§ **EXERCISE DESCRIPTION**: The entries below contain a line with "fn repetition<'a>(&self, tokens: Tokens<'a>, found: &mut" and a line with "let (_end, rest) = word(rest, TokenKind::EndWhile)?;". Retype exactly everything from the first down to the second, both included, and nothing else.

MATERIAL PROVIDED START

//! Statements. The reader of the statements one level down is a parameter, so that each rule is proved by itself. A statement that
//! is read goes behind those before it at once, and so needs no box.

ghost use Rattle.std.specs.Prelude.{map, option_map};
ghost use Rattle.st_ast.specs.Grammar as grammar;
ghost use Rattle.st_ast.specs.View.{view_stmt, view_branch};
ghost use Rattle.grammar.specs.Reader as reader;
ghost use Rattle.grammar.specs.Loops.{after};
ghost use Rattle.st_ast.specs.Grammar.{max_depth};
ghost use Rattle.st_read.specs.Gives.{Gives, onto};
ghost use Rattle.st_read.specs.Reading as reading;
ghost use Rattle.st_read.specs.ReadsStatements.{ReadsStatements};

use crate::error::Stop;
use crate::levels::MAX_DEPTH;
use crate::names::identifier;
use crate::operands::expression;
use crate::tokens::{Read, Tokens, starts, word};
use cif_base::{Boxed, Items};
use st_ast::{StBranch, StExpr, Stmt, TokenKind};
use std::alloc::Global;

/// What is left behind a statement that went to its place.
type Left<'a> = Result<Tokens<'a>, Stop>;

/// A reader of what stands between an opening word and its end.
#[derive(Clone, Copy)]
pub struct Bodies<F> {
    alloc: Global,
    /// How deep the statements there may still nest.
    depth: u16,
    statements: F,
}

#[tactic(auto, using(crate::proofs::SeenLoops::onto_read), unfolding(crate::specs::Reading::assignment_at))]
pub fn assignment<'a>(alloc: Global, tokens: Tokens<'a>, found: &mut Items<Stmt>) -> Left<'a>
    ensures { Gives (λ rest. (map view_stmt found.new, rest)) result (onto (map view_stmt found.old) (reading.assignment_at tokens.entry)) }
{
    let (target, rest) = identifier(alloc, tokens)?;
    let (_assigns, rest) = word(rest, TokenKind::Assigns)?;
    let (value, rest) = expression(alloc, rest)?;
    let (_semicolon, rest) = word(rest, TokenKind::Semicolon)?;
    let value = value.into_inner();
    found.push(Stmt::Assign { target, value })?;
    Ok(rest)
}

impl<F: Fn(Global, Tokens<'_>, u16) -> Result<(Items<Stmt>, Tokens<'_>), Stop>> Bodies<F> {
    fn body<'a>(&self, tokens: Tokens<'a>) -> Read<'a, Items<Stmt>>
        requires { ReadsStatements self.now.depth (F.pre self.now.statements) (F.post self.now.statements) }
        ensures { Gives (λ x. (map view_stmt x.0, x.1)) result (reading.statements_at self.now.depth tokens.entry) }
    {
        (self.statements)(self.alloc, tokens, self.depth)
    }

    /// A condition, the word after it and its statements.
    #[tactic(auto, unfolding(crate::specs::Reading::guarded_at))]
    fn guarded<'a>(
        &self,
        tokens: Tokens<'a>,
        closing: TokenKind,
    ) -> Read<'a, (Boxed<StExpr>, Items<Stmt>)>
        requires { ReadsStatements self.now.depth (F.pre self.now.statements) (F.post self.now.statements) }
        ensures { Gives (λ x. (view_branch (record { cond = x.0.0; body = x.0.1 }), x.1)) result (reading.guarded_at (reading.statements_at self.now.depth) closing tokens.entry) }
    {
        let (cond, rest) = expression(self.alloc, tokens)?;
        let (_closing, rest) = word(rest, closing)?;
        let (body, rest) = self.body(rest)?;
        Ok(((cond, body), rest))
    }

    #[tactic(auto, using(crate::proofs::SeenLoops::onto_read), unfolding(crate::specs::Reading::elsif_at))]
    fn elsif<'a>(&self, tokens: Tokens<'a>, found: &mut Items<StBranch>) -> Left<'a>
        requires { ReadsStatements self.now.depth (F.pre self.now.statements) (F.post self.now.statements) }
        ensures { Gives (λ rest. (map view_branch found.new, rest)) result (onto (map view_branch found.old) (reading.elsif_at (reading.statements_at self.now.depth) tokens.entry)) }
    {
        let (_elsif, rest) = word(tokens, TokenKind::Elsif)?;
        let ((cond, body), rest) = self.guarded(rest, TokenKind::Then)?;
        let cond = cond.into_inner();
        found.push(StBranch { cond, body })?;
        Ok(rest)
    }

    #[tactic(auto, using(crate::proofs::SeenLoops::onto_step, crate::proofs::SeenLoops::onto_fail, grammar::proofs::Loops::after_stop, grammar::proofs::Loops::after_end))]
    fn elsifs<'a>(
        &self,
        tokens: Tokens<'a>,
        mut found: Items<StBranch>,
    ) -> Read<'a, Items<StBranch>>
        requires { ReadsStatements self.now.depth (F.pre self.now.statements) (F.post self.now.statements) }
        ensures { Gives (λ x. (map view_branch x.0, x.1)) result (after (map view_branch found) (reading.elsifs_at (reading.statements_at self.now.depth) tokens.entry)) }
    {
        let most = tokens.len();
        let mut rest = tokens;
        for _turn in 0..most {
            if !starts(&rest, &[TokenKind::Elsif]) {
                return Ok((found, rest));
            }
            rest = self.elsif(rest, &mut found)?;
        }
        Ok((found, rest))
    }

    /// The branches after `IF`.
    #[tactic(auto, using(grammar::proofs::Loops::list_after), unfolding(crate::specs::Reading::branches_at))]
    fn branches<'a>(&self, tokens: Tokens<'a>) -> Read<'a, Items<StBranch>>
        requires { ReadsStatements self.now.depth (F.pre self.now.statements) (F.post self.now.statements) }
        ensures { Gives (λ x. (map view_branch x.0, x.1)) result (reading.branches_at (reading.statements_at self.now.depth) tokens.entry) }
    {
        let ((cond, body), rest) = self.guarded(tokens, TokenKind::Then)?;
        let cond = cond.into_inner();
        let mut found = Items::new(self.alloc);
        found.push(StBranch { cond, body })?;
        self.elsifs(rest, found)
    }

    /// `ELSE` and its statements, where they come.
    #[tactic(auto, unfolding(crate::specs::Reading::else_at))]
    fn otherwise<'a>(&self, tokens: Tokens<'a>) -> Read<'a, Option<Items<Stmt>>>
        requires { ReadsStatements self.now.depth (F.pre self.now.statements) (F.post self.now.statements) }
        ensures { Gives (λ x. (option_map (map view_stmt) x.0, x.1)) result (reading.else_at (reading.statements_at self.now.depth) tokens.entry) }
    {
        if !starts(&tokens, &[TokenKind::Else]) {
            return Ok((None, tokens));
        }
        let (_else, rest) = word(tokens, TokenKind::Else)?;
        let (body, rest) = self.body(rest)?;
        Ok((Some(body), rest))
    }

    #[tactic(auto, using(crate::proofs::SeenLoops::onto_read), unfolding(crate::specs::Reading::conditional_at))]
    fn conditional<'a>(&self, tokens: Tokens<'a>, found: &mut Items<Stmt>) -> Left<'a>
        requires { ReadsStatements self.now.depth (F.pre self.now.statements) (F.post self.now.statements) }
        ensures { Gives (λ rest. (map view_stmt found.new, rest)) result (onto (map view_stmt found.old) (reading.conditional_at (reading.statements_at self.now.depth) tokens.entry)) }
    {
        let (_if, rest) = word(tokens, TokenKind::If)?;
        let (branches, rest) = self.branches(rest)?;
        let (other, rest) = self.otherwise(rest)?;
        let (_end, rest) = word(rest, TokenKind::EndIf)?;
        let (_semicolon, rest) = word(rest, TokenKind::Semicolon)?;
        found.push(Stmt::If { branches, other })?;
        Ok(rest)
    }

    #[tactic(auto, using(crate::proofs::SeenLoops::onto_read), unfolding(crate::specs::Reading::repetition_at))]
    fn repetition<'a>(&self, tokens: Tokens<'a>, found: &mut Items<Stmt>) -> Left<'a>
        requires { ReadsStatements self.now.depth (F.pre self.now.statements) (F.post self.now.statements) }
        ensures { Gives (λ rest. (map view_stmt found.new, rest)) result (onto (map view_stmt found.old) (reading.repetition_at (reading.statements_at self.now.depth) tokens.entry)) }
    {
        let (_while, rest) = word(tokens, TokenKind::While)?;
        let ((cond, body), rest) = self.guarded(rest, TokenKind::Do)?;
        let (_end, rest) = word(rest, TokenKind::EndWhile)?;
        let (_semicolon, rest) = word(rest, TokenKind::Semicolon)?;
        let cond = cond.into_inner();
        found.push(Stmt::While { cond, body })?;
        Ok(rest)
    }

    fn step<'a>(&self, tokens: Tokens<'a>, found: &mut Items<Stmt>) -> Left<'a>
        requires { ReadsStatements self.now.depth (F.pre self.now.statements) (F.post self.now.statements) }
        ensures { Gives (λ rest. (map view_stmt found.new, rest)) result (onto (map view_stmt found.old) (reading.statement_from (reading.statements_at self.now.depth) tokens.entry)) }
    {
        if starts(&tokens, &[TokenKind::Name]) {
            assignment(self.alloc, tokens, found)
        } else if starts(&tokens, &[TokenKind::If]) {
            self.conditional(tokens, found)
        } else {
            self.repetition(tokens, found)
        }
    }
}

/// A statement, in which so many may nest.
#[cycle(nesting)]
#[tactic(auto, unfolding(crate::specs::Reading::statement_at))]
fn statement<'a>(alloc: Global, tokens: Tokens<'a>, depth: u16, found: &mut Items<Stmt>) -> Left<'a>
    ensures { Gives (λ rest. (map view_stmt found.new, rest)) result (onto (map view_stmt found.old) (reading.statement_at depth tokens.entry)) }
{
    if depth == 0 {
        return assignment(alloc, tokens, found);
    }
    let depth = depth - 1;
    let statements = statements_within;
    Bodies {
        alloc,
        depth,
        statements,
    }
    .step(tokens, found)
}

/// Statements, in each of which so many may nest.
#[cycle(nesting)]
#[tactic(auto, using(crate::proofs::SeenLoops::onto_step, crate::proofs::SeenLoops::onto_fail, grammar::proofs::Loops::after_stop, grammar::proofs::Loops::after_end, grammar::proofs::Loops::after_none))]
fn statements_within(
    alloc: Global,
    tokens: Tokens<'_>,
    depth: u16,
) -> Result<(Items<Stmt>, Tokens<'_>), Stop>
    ensures { Gives (λ x. (map view_stmt x.0, x.1)) result (reading.statements_at depth tokens.entry) }
{
    let mut found = Items::new(alloc);
    let most = tokens.len();
    let mut rest = tokens;
    for _turn in 0..most {
        if !starts(&rest, &[TokenKind::Name, TokenKind::If, TokenKind::While]) {
            return Ok((found, rest));
        }
        rest = statement(alloc, rest, depth, &mut found)?;
    }
    Ok((found, rest))
}

/// The statements of a program.
pub fn statements(alloc: Global, tokens: Tokens<'_>) -> Read<'_, Items<Stmt>>
    ensures { Gives (λ x. (map view_stmt x.0, x.1)) result (reading.statements_at max_depth tokens.entry) }
{
    statements_within(alloc, tokens, MAX_DEPTH)
}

MATERIAL PROVIDED END

§ **SOLUTION BELOW**:
    fn repetition<'a>(&self, tokens: Tokens<'a>, found: &mut Items<Stmt>) -> Left<'a>
        requires { ReadsStatements self.now.depth (F.pre self.now.statements) (F.post self.now.statements) }
        ensures { Gives (λ rest. (map view_stmt found.new, rest)) result (onto (map view_stmt found.old) (reading.repetition_at (reading.statements_at self.now.depth) tokens.entry)) }
    {
        let (_while, rest) = word(tokens, TokenKind::While)?;
        let ((cond, body), rest) = self.guarded(rest, TokenKind::Do)?;
        let (_end, rest) = word(rest, TokenKind::EndWhile)?;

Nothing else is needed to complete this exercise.